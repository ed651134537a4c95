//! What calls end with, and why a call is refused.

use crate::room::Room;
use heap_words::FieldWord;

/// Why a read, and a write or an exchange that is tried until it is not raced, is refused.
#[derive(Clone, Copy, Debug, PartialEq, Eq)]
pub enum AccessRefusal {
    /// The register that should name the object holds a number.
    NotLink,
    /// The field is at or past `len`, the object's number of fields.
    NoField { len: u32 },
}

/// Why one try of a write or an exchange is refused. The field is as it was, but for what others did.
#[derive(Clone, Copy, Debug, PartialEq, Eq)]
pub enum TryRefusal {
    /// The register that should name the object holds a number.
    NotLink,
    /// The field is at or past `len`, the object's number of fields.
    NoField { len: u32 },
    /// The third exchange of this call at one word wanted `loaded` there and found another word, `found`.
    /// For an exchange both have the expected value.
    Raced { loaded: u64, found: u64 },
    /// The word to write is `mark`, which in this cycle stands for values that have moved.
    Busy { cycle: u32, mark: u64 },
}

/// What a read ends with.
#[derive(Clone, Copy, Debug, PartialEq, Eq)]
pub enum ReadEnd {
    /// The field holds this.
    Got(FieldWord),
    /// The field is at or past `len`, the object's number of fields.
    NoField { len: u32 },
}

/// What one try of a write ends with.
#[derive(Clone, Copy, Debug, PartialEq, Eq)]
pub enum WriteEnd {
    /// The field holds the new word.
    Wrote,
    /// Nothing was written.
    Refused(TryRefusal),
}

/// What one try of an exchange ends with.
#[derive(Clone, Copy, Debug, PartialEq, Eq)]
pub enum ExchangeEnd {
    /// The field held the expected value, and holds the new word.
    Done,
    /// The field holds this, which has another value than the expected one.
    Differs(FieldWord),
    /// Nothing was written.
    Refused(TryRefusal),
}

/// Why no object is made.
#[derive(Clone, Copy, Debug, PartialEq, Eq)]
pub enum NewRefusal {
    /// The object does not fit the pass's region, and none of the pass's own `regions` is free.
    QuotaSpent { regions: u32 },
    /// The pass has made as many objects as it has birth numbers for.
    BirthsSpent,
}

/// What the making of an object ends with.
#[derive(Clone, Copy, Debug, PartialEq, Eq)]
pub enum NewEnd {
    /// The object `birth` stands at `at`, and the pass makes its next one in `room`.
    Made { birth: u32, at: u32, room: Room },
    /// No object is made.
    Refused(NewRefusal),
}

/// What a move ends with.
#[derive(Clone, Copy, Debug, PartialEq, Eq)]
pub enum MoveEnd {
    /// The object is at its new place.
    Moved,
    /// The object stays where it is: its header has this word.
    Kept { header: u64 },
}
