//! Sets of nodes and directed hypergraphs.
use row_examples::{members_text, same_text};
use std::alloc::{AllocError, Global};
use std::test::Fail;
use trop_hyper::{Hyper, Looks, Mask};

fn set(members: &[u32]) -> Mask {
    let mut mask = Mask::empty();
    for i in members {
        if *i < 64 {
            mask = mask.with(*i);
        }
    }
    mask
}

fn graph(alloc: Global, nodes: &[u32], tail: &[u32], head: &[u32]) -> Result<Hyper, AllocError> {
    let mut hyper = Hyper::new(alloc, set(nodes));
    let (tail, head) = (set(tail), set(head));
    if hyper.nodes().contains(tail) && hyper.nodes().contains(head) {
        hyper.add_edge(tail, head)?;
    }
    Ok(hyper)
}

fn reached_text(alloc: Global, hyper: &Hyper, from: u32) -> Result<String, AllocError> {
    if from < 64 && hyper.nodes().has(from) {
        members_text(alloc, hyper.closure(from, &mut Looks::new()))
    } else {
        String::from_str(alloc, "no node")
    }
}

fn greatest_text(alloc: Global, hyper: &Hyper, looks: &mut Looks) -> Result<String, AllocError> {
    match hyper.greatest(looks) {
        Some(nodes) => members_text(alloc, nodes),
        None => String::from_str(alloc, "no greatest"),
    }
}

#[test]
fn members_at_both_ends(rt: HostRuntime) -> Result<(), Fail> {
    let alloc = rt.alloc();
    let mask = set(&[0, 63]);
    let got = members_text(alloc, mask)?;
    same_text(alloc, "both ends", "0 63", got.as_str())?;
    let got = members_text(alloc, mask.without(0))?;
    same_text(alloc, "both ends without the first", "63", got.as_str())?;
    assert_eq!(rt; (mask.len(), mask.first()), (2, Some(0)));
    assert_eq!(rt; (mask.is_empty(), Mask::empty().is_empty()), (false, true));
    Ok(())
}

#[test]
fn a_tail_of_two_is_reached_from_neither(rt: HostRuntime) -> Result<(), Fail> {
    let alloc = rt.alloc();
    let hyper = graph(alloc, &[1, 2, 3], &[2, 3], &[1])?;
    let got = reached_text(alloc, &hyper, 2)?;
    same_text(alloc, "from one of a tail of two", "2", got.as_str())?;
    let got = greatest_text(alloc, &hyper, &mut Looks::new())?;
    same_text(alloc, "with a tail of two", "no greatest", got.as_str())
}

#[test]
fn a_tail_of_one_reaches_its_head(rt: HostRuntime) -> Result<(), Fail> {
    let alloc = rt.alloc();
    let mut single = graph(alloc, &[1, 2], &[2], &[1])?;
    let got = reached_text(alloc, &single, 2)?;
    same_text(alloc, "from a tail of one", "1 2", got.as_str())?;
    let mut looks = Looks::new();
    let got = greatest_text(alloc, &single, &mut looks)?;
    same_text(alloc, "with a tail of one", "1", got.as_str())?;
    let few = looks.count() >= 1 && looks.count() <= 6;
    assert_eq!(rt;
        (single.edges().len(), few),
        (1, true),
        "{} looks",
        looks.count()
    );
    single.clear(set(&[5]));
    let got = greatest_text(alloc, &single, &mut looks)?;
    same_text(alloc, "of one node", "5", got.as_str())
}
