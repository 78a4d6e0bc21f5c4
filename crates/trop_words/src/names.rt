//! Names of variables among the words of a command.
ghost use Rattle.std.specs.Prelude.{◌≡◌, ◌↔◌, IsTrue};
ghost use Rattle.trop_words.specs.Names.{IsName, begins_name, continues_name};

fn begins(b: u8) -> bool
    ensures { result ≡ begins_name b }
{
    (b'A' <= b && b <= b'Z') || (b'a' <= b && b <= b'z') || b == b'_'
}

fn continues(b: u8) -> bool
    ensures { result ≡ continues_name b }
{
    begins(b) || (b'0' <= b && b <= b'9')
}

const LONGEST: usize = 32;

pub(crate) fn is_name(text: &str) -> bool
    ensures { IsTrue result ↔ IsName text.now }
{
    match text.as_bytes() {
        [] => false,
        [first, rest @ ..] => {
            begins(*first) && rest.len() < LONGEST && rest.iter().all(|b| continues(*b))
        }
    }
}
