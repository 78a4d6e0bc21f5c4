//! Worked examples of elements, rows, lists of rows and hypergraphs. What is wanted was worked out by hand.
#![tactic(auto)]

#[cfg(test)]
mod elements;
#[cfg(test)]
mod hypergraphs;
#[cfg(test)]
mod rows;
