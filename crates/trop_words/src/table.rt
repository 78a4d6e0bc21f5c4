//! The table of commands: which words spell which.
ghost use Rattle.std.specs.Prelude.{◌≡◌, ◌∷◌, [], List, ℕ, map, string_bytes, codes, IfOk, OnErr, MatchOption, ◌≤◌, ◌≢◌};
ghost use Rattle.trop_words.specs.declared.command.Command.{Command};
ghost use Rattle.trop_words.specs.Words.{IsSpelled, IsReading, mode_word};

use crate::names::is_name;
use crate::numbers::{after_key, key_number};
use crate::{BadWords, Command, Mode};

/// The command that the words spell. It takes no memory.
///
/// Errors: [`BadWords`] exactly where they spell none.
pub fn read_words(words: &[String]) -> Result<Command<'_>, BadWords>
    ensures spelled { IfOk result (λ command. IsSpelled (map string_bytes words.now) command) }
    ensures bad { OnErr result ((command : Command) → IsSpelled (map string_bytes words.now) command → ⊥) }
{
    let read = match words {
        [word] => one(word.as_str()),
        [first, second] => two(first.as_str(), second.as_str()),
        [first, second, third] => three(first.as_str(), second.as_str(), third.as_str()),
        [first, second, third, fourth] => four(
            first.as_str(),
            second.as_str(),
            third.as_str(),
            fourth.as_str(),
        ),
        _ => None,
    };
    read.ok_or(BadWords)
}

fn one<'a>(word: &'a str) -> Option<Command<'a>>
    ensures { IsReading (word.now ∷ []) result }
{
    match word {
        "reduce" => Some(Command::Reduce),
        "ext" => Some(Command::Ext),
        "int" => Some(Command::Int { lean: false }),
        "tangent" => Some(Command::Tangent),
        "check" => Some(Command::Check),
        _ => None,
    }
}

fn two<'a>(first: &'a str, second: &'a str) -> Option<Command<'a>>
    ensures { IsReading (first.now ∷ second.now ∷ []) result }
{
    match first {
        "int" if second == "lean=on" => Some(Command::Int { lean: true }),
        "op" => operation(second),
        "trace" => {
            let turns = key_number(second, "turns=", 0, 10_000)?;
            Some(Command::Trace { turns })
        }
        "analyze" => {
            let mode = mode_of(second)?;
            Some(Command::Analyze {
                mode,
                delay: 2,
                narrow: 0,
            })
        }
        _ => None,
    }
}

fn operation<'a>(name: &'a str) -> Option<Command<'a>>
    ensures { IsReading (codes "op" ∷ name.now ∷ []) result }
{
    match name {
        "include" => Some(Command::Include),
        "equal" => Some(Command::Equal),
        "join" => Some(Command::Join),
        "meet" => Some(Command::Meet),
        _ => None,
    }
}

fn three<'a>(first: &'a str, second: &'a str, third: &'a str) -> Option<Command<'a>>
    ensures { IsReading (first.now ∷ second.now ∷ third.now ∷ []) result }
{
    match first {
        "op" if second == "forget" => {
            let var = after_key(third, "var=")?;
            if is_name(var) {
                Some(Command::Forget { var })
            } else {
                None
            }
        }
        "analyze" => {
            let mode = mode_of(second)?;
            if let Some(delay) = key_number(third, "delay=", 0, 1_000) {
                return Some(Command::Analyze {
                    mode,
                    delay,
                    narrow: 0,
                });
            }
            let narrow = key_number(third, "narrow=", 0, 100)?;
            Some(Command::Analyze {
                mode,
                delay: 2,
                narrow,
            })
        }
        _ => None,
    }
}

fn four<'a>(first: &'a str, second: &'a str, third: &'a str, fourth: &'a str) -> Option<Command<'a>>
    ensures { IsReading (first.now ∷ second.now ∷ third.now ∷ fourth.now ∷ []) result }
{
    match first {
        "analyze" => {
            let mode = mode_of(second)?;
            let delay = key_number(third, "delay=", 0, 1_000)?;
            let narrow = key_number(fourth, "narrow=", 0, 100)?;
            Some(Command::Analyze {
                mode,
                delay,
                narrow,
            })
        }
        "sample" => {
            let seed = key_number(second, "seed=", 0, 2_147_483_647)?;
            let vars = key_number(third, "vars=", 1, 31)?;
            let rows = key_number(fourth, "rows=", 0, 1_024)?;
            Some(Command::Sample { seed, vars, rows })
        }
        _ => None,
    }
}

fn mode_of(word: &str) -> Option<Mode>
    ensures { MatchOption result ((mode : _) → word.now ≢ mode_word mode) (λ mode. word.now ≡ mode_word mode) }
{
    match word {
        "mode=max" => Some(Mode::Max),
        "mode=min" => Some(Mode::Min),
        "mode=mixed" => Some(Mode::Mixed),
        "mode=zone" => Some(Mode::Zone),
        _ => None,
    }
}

---

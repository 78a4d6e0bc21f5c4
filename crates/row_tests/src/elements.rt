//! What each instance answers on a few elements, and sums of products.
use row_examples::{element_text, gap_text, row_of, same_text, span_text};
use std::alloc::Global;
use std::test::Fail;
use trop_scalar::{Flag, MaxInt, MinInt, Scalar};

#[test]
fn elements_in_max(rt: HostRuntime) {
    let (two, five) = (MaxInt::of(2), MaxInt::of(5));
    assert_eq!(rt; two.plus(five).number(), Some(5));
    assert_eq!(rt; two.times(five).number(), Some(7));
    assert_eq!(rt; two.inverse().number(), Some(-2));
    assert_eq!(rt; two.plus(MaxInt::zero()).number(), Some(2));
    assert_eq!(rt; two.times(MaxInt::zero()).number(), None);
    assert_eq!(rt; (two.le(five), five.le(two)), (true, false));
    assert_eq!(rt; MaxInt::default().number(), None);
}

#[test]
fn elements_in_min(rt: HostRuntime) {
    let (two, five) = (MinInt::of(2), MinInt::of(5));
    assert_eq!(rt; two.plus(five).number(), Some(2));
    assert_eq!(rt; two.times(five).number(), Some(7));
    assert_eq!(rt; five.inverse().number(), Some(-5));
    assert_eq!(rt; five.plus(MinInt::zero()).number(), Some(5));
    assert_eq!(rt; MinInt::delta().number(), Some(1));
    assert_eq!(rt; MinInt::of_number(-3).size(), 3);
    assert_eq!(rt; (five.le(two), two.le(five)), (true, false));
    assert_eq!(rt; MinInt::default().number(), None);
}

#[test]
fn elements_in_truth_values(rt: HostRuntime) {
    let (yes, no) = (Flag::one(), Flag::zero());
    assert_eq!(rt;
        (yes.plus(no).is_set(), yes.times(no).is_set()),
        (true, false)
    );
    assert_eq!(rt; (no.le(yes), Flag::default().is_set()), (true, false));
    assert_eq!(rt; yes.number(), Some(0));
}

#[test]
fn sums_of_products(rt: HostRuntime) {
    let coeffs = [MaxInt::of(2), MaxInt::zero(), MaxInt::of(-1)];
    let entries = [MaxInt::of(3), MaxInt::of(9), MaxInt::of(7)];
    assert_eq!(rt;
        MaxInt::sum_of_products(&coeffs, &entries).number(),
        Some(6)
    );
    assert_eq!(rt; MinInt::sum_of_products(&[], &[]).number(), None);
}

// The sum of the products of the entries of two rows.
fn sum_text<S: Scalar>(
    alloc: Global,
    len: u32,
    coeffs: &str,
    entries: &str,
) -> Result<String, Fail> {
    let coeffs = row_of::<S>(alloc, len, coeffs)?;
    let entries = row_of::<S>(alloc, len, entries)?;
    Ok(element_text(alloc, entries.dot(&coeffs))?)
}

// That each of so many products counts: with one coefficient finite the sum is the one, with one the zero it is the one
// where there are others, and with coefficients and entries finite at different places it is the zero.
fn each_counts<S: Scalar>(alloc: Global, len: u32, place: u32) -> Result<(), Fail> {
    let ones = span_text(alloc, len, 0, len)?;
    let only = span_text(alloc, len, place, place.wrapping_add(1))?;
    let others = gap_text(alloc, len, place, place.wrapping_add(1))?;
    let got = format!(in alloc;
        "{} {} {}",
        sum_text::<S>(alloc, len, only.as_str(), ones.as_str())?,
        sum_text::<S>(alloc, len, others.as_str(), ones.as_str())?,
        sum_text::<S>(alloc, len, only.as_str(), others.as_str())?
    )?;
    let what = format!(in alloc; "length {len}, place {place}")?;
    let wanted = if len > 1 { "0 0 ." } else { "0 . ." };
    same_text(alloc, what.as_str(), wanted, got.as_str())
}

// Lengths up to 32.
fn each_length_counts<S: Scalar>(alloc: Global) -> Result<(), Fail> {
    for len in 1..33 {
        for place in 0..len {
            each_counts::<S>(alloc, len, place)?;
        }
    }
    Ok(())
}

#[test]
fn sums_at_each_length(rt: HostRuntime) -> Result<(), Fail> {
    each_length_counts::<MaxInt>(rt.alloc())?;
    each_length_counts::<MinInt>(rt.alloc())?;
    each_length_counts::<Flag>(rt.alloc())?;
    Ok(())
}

- _PROBLEM DESCRIPTION_: Copy every line in the data above that has the string "lean" in it.

- _PROBLEM SOLUTION_:
        "int" => Some(Command::Int { lean: false }),
        "int" if second == "lean=on" => Some(Command::Int { lean: true }),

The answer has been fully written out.